Another user said that the main takeaway is that you can't process strings until you know their language (locale), and that is exactly correct.

daemin · 2024-10-08T10:12:48 1728382368

I would maintain that your program has more string manipulation for error messages and logging than for generating localised formatted names.

Further I do say that if you're creating text for presenting to the user then the most common operation would be replacement of some field in pre-defined text.

In your case I would design it so that the correctly capitalised first name, surname, and variations of those for sorting would be generated at the data entry point (manually or automatically) and then just used when needed in user facing text generation. Therefore the only string operation needed would be replacement of placeholders like the fmt and standard library provide. This uses more memory and storage but these are cheaper now.

pistoleer · 2024-10-08T11:14:11 1728386051

I agree, but the logging formatters don't really do much beyond trivially pasting in placeholders.

And as for data entry... Maybe in an ideal world. In the current world, marred by importing previously mangled datasets, a common solution in the few companies I've worked at is to just not do anything, which leaves ugly edges, yet is "good enough".

heisenzombie · 2024-10-08T09:26:55 1728379615

File paths? I think filesystem paths are generally “bags of bytes” that the OS might interpret as UTF-16 (Windows) or UTF-8 (macOS, Linux).

For example: https://en.m.wikipedia.org/wiki/Program_Files#Localization

vardump · 2024-10-08T09:28:41 1728379721

File paths are scary. The last I checked (which is admittedly a while ago), Windows didn't for example care about correct UTF-16 surrogate pairs at all, it'd happily accept invalid UTF-16 strings.

So use standard string processing libraries on path names at your own peril.

It's a good idea to consider file paths as a bag of bytes.

netsharc · 2024-10-08T10:00:48 1728381648

IIRC, the FAT filesystem (before Windows 95) allowed lowercase letters, but there's a layer in the filesystem driver that converted everything to uppercase, e.g. if you did the command "more readme.txt", the more command would ask the filesystem for "readme.txt" and it would search for "README.TXT" in the file allocation table.

I think I once hex-edited the FA-table to change a filename to have a lowercase name (or maybe it was disk corruption), trying to delete that file didn't work because it would be trying to delete "FOO", and couldn't find it because the file was named "FOo".

Someone · 2024-10-08T09:51:34 1728381094

> It's a good idea to consider file paths as a bag of bytes

(Nitpick: sequence of bytes)

Also very limiting. If you do that, you can’t, for example, show a file name to the user as a string or easily use a shell to process data in your file system (do you type “/bin” or “\x2F\x62\x69\x6E”?)

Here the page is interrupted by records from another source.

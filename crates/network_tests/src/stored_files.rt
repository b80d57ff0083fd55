// Files in memory, and a shelf of them that fails.

use fx_io::{MemShelf, Stored};
use std::alloc::{AllocError, Global};

// The files of these names and texts.
pub(crate) fn stored_files(
    alloc: Global,
    files: &[(&str, &str)],
) -> Result<Vec<Stored>, AllocError> {
    let mut stored = Vec::new(alloc);
    for (name, text) in files {
        let name = String::from_str(alloc, name)?;
        let bytes = Vec::from_slice(alloc, text.as_bytes())?;
        stored.push(Stored::new(name, bytes))?;
    }
    Ok(stored)
}

// A shelf of these files, whose call of this number fails.
pub(crate) fn failing_shelf(
    alloc: Global,
    files: &[(&str, &str)],
    failing: u64,
) -> Result<MemShelf, AllocError> {
    let files = stored_files(alloc, files)?;
    Ok(MemShelf::new(alloc, files, vec![in alloc; failing]?))
}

Unix, from the start, claimed file names where byte sequences, yet assumed many of those to encode ascii.

That’s part of why Plan 9 made the choice “names may contain any printable character (that is, any character outside hexadecimal 00-1F and 80-9F)” (https://9fans.github.io/plan9port/man/man9/intro.html)

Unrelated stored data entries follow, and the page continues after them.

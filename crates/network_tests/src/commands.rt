// `bench_core`: command lines over files in memory, at devices that fail. What the program answers over files on disk is
// in the end-to-end suite.
use crate::stored_files::failing_shelf;
use bench_core::{Words, bench};
use fx_io::{MemSink, SteadySink};
use std::alloc::{AllocError, Global};
use std::test::Fail;

const NET: &str =
    "net 1\nin a s16 0 1000\nin b s16.4 -160 160\nwire c s16 = Mfx_ConvertP2_s16_s16 b\nwire s s16 = Mfx_Add_s16s16_s16 a c\nout s\n";

const CERT: &str =
    "cert 1\npart a 0 1000 0\npart b -160 160 0\npart c -10 10 65536\npart s -10 1010 65536\n";

// The files by their names.
const FILES: [(&str, &str); 4] = [
    ("net", NET),
    ("cert", CERT),
    ("rows", "a,b\n5,-1\n1000,160\n"),
    ("short", "a,b\n1,0\n2\n"),
];

// A call that never comes.
const NONE: u64 = u64::MAX;

// The command lines that are tried.
#[derive(Clone, Copy)]
enum Line {
    CheckCert,
    RunRows,
    RunShort,
}

// Command lines, the call of the shelf and the one of the sink that fail; the status, what is printed and what is said. A
// start is call 0, its reads 1 and 2; the second file is started by call 3. Of a write that fails, half is written.
const ANSWERS: [(Line, u64, u64, u8, &str, &str); 7] = [
    (Line::CheckCert, NONE, NONE, 0, "accepted\n", ""),
    (
        Line::RunShort,
        NONE,
        NONE,
        4,
        "s\n1\n",
        "row 2: bad width\n",
    ),
    (Line::CheckCert, 0, NONE, 2, "", "cannot read net\n"),
    (Line::CheckCert, 3, NONE, 2, "", "cannot read cert\n"),
    (Line::RunRows, 3, NONE, 2, "", "cannot read rows\n"),
    (Line::CheckCert, NONE, 0, 7, "acce", "cannot write\n"),
    (Line::RunRows, NONE, 0, 7, "s", "cannot write\n"),
];

fn words_of(alloc: Global, line: Line) -> Result<Words, AllocError> {
    let (command, file) = match line {
        Line::CheckCert => ("check", "cert"),
        Line::RunRows => ("run", "rows"),
        Line::RunShort => ("run", "short"),
    };
    let mut words = Words::new(alloc);
    words.add(command)?;
    words.add("net")?;
    words.add(file)?;
    Ok(words)
}

fn sink_of(alloc: Global, failing: u64) -> Result<MemSink, AllocError> {
    Ok(MemSink::new(alloc, vec![in alloc; failing]?))
}

// The status of a command line, what was printed and what was said. It promises nothing, so that no test carries the
// clauses of the call.
fn answered(
    alloc: Global,
    line: Line,
    unread: u64,
    unwritten: u64,
) -> Result<(u8, MemSink, SteadySink), AllocError> {
    let words = words_of(alloc, line)?;
    let mut shelf = failing_shelf(alloc, &FILES, unread)?;
    let mut out = sink_of(alloc, unwritten)?;
    let mut err = SteadySink::new(alloc);
    let status = bench(alloc, &words, &mut shelf, &mut out, &mut err);
    Ok((status, out, err))
}

#[test]
fn answers_command_lines(rt: HostRuntime) -> Result<(), Fail> {
    for (line, unread, unwritten, status, out, err) in ANSWERS {
        let (found, printed, said) = answered(rt.alloc(), line, unread, unwritten)?;
        let given = (found, printed.written(), said.written());
        assert_eq!(rt; given, (status, out.as_bytes(), err.as_bytes()));
    }
    Ok(())
}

daemin · 2024-10-08T09:53:20 1728381200

That's what I mean, you treat filesystem paths as bags of bytes separated by known ASCII characters, as the only path manipulation that you generally need to do is to append a path, remove a path, change extension, things that only care about those ASCII characters. You only modify the path strings at those known characters and leave everything in between as is (with some exceptions using OS API specific functions as needed).

numpad0 · 2024-10-09T00:47:23 1728434843

Just using UTF-8 for username at all is problematic. That has been a major PSA item for Windows users in my language literally since 90s and still is. Microsoft switched home folder names from Microsoft Account username to shortened user email for that reason.

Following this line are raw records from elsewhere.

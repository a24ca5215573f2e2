ghost use Rattle.std.specs.Prelude.{◌≡◌, ◌<◌, length, replicate, slice_index_or, [], IfOk, OnOk};
ghost use Rattle.vh_elab_cycles.specs.Laid;
ghost use Rattle.vh_elab_cycles.specs.Views.{edge_seen, edges_seen, rows_seen};

use crate::edge::Edge;
use std::alloc::Global;
use vh_base::NoMemory;

// More than the number of each node.
pub(crate) fn node_count(edges: &[Edge]) -> usize
    ensures { result ≡ Laid.nodes_from 0 (edges_seen edges.now) }
{
    let mut count = 0;
    for edge in edges {
        count = count.max(edge.from as usize + 1).max(edge.to as usize + 1);
    }
    count
}

fn add_edge(rows: &mut Vec<Vec<u32>>, edge: Edge) -> Result<(), NoMemory>
    requires { edge.from < length rows.old.items }
    ensures { OnOk result (rows_seen rows.new.items
        ≡ Laid.with_edge (rows_seen rows.old.items) (edge_seen edge)) }
{
    rows[edge.from as usize].push(edge.to)?;
    Ok(())
}

fn empty_rows(alloc: Global, count: usize) -> Result<Vec<Vec<u32>>, NoMemory>
    ensures { IfOk result (λ rows. rows_seen rows.items ≡ replicate count []) }
{
    let mut rows = Vec::new(alloc);
    for _node in 0..count {
        rows.push(Vec::new(alloc))?;
    }
    Ok(rows)
}

// The nodes to which edges lead from each.
pub(crate) fn rows_of(alloc: Global, edges: &[Edge]) -> Result<Vec<Vec<u32>>, NoMemory>
    ensures { IfOk result (λ rows. Laid.IsLaid (edges_seen edges.now) (rows_seen rows.items)) }
{
    let mut rows = empty_rows(alloc, node_count(edges))?;
    for edge in edges {
        add_edge(&mut rows, *edge)?;
    }
    Ok(rows)
}

// Those of one node.
pub(crate) fn row_of(rows: &[Vec<u32>], node: u32) -> &[u32]
    ensures { result.now ≡ slice_index_or (rows_seen rows.now) node [] }
{
    match rows.get(node as usize) {
        None => &[],
        Some(row) => row.as_slice(),
    }
}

account42 · 2024-10-09T15:04:58 1728486298

Yes and most importantly, that interpretation is for display purposes ONLY. If your file manager won't let me delete a file because the name includes invalid UTF-16/UTF-8 then it is simply broken.

BoringTimesGang · 2024-10-08T09:24:02 1728379442

Now double all of that effort, so you can get it to work with Windows' UTF-16 wstrings.

account42 · 2024-10-09T15:10:44 1728486644

Better to just convert WTF-16 (Windows filenames re not guaranteed to be valid UTF-16) to/from WTF-8 at the API boundary and then do the same processing internally on all platforms.